Stored data entries
++++++++++++++++++++

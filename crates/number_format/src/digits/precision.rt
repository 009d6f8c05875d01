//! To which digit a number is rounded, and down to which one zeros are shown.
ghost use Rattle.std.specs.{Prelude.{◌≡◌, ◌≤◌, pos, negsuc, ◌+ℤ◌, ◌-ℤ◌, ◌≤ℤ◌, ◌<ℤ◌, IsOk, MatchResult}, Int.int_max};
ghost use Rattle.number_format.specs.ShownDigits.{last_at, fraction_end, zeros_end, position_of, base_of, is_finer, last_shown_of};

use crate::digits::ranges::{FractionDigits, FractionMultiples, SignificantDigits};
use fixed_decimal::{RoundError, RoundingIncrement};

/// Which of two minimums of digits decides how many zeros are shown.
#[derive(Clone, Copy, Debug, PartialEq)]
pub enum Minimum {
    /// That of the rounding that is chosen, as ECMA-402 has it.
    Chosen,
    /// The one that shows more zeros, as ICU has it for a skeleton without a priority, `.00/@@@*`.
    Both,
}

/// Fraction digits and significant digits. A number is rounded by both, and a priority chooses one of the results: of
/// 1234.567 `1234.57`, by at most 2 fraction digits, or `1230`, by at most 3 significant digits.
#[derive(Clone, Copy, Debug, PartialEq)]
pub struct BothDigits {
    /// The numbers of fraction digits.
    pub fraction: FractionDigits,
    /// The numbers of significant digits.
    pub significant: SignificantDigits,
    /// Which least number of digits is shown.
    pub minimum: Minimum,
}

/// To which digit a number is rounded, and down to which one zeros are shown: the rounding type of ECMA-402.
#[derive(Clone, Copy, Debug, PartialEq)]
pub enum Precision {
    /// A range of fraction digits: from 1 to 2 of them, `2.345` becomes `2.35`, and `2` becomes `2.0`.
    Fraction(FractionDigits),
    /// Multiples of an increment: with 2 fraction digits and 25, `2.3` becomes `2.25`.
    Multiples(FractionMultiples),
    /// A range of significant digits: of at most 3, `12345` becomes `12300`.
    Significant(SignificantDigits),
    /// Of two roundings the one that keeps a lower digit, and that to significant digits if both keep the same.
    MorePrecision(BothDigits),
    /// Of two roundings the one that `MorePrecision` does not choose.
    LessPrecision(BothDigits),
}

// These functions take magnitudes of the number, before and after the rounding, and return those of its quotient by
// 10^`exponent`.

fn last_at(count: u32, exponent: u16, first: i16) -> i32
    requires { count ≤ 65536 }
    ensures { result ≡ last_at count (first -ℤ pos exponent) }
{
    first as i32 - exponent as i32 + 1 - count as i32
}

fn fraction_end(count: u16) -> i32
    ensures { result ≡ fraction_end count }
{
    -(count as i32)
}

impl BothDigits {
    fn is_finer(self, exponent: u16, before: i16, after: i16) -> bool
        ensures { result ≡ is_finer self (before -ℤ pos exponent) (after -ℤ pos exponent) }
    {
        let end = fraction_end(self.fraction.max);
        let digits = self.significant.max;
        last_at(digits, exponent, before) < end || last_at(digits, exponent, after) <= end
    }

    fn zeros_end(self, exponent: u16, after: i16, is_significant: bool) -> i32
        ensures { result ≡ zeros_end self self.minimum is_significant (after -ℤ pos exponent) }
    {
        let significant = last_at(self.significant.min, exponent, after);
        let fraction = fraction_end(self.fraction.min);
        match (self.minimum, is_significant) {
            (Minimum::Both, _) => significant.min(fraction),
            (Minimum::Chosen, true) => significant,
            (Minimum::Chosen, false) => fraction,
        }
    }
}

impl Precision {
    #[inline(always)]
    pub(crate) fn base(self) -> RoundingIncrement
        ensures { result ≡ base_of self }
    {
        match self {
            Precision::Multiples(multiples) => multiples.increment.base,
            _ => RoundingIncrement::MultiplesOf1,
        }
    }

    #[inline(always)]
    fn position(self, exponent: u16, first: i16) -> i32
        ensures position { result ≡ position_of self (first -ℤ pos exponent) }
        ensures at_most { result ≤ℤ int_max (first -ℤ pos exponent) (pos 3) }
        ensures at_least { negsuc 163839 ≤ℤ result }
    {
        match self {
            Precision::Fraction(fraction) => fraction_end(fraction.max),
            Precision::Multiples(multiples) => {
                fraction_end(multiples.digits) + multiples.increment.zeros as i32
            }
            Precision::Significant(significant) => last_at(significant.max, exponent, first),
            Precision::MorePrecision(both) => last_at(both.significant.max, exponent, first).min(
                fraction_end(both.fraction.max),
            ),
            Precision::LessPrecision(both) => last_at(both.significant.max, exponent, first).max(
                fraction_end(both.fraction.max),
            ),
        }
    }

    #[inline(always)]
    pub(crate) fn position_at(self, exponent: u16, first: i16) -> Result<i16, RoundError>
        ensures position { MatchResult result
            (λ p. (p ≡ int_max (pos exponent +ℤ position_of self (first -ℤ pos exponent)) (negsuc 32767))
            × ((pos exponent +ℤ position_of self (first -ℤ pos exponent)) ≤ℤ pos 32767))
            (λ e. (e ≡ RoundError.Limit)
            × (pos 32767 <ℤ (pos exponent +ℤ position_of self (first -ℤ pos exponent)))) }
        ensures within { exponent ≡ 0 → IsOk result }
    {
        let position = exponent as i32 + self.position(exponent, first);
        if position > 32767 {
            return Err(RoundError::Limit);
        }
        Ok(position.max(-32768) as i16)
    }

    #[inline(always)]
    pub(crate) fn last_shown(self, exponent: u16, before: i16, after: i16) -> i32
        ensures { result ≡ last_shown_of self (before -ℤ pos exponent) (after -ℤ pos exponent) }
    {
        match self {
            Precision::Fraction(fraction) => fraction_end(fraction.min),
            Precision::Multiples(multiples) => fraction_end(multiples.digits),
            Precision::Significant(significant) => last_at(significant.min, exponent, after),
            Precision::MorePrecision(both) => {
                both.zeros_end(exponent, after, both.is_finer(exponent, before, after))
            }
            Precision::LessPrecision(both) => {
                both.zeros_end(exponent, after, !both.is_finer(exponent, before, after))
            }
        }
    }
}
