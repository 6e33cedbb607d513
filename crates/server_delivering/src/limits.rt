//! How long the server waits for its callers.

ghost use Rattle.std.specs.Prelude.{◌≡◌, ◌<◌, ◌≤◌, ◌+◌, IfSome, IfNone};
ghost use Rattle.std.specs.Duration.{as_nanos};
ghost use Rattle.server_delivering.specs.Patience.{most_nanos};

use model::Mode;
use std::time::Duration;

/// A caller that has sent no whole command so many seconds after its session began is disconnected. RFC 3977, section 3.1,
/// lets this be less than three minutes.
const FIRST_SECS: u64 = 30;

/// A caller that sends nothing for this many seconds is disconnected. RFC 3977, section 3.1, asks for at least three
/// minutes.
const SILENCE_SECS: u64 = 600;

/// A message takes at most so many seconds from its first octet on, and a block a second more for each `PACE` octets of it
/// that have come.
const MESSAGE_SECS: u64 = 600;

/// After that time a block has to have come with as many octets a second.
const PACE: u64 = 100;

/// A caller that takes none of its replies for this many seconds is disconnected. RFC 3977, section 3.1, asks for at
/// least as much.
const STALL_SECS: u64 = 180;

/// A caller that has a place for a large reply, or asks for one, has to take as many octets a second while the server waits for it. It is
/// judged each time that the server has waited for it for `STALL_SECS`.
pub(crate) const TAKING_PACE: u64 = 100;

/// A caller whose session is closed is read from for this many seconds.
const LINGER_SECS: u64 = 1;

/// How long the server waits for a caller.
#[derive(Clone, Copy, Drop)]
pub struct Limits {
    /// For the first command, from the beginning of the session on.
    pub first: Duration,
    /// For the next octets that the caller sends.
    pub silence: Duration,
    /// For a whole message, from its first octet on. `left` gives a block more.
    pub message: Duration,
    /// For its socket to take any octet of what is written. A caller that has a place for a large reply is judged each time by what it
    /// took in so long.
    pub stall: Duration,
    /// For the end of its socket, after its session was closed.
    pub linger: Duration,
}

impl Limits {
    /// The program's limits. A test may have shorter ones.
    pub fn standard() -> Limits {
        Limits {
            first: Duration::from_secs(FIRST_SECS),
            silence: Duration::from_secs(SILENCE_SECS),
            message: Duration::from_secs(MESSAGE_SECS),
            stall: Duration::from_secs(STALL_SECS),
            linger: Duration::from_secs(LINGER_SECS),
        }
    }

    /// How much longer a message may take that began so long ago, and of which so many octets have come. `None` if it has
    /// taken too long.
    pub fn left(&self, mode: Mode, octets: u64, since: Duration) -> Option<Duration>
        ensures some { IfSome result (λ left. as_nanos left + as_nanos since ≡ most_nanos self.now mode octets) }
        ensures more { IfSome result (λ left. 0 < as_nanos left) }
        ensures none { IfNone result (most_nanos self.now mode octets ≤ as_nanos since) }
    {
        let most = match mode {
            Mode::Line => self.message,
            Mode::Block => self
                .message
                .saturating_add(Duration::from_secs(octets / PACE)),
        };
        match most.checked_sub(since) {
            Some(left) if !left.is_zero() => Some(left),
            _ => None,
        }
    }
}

++++++++++++++++++++

INSTRUCTIONS FOR THE TASK
How many lines in the records hold the string "RoundingIncrement"? Reply with the number only.

RESPONSE TO THE TASK
3